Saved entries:
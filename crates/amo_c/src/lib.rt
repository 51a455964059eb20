//! Workers for programs in C, as a static library: the next load or store of a worker, by the list
//! of values that its process has read.
//!
//! Start at `amo_next`, and at `examples/c/amo.h`, the header for C. No call keeps anything. The
//! module `laws` has the theorems.
//!
//! | here | in the glossary |
//! |---|---|
//! | p | a worker |
#![tactic(auto)]

mod codes;
mod exports;
mod item;
pub mod laws;
mod told;
mod worker;

pub use codes::{AccessCode, FaultCode, PhaseCode};
pub use exports::{
    amo_announcement_word, amo_batch, amo_bound, amo_claims_word, amo_entry_word, amo_leave,
    amo_next, amo_words,
};
pub use item::AmoItem;
pub use told::{AmoGivens, AmoNext};

#[cfg(test)]
mod tests;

| What you should do |
Pull out every line of the records that includes the string "laws".

| Task answer |
//! module `laws` has the theorems.
pub mod laws;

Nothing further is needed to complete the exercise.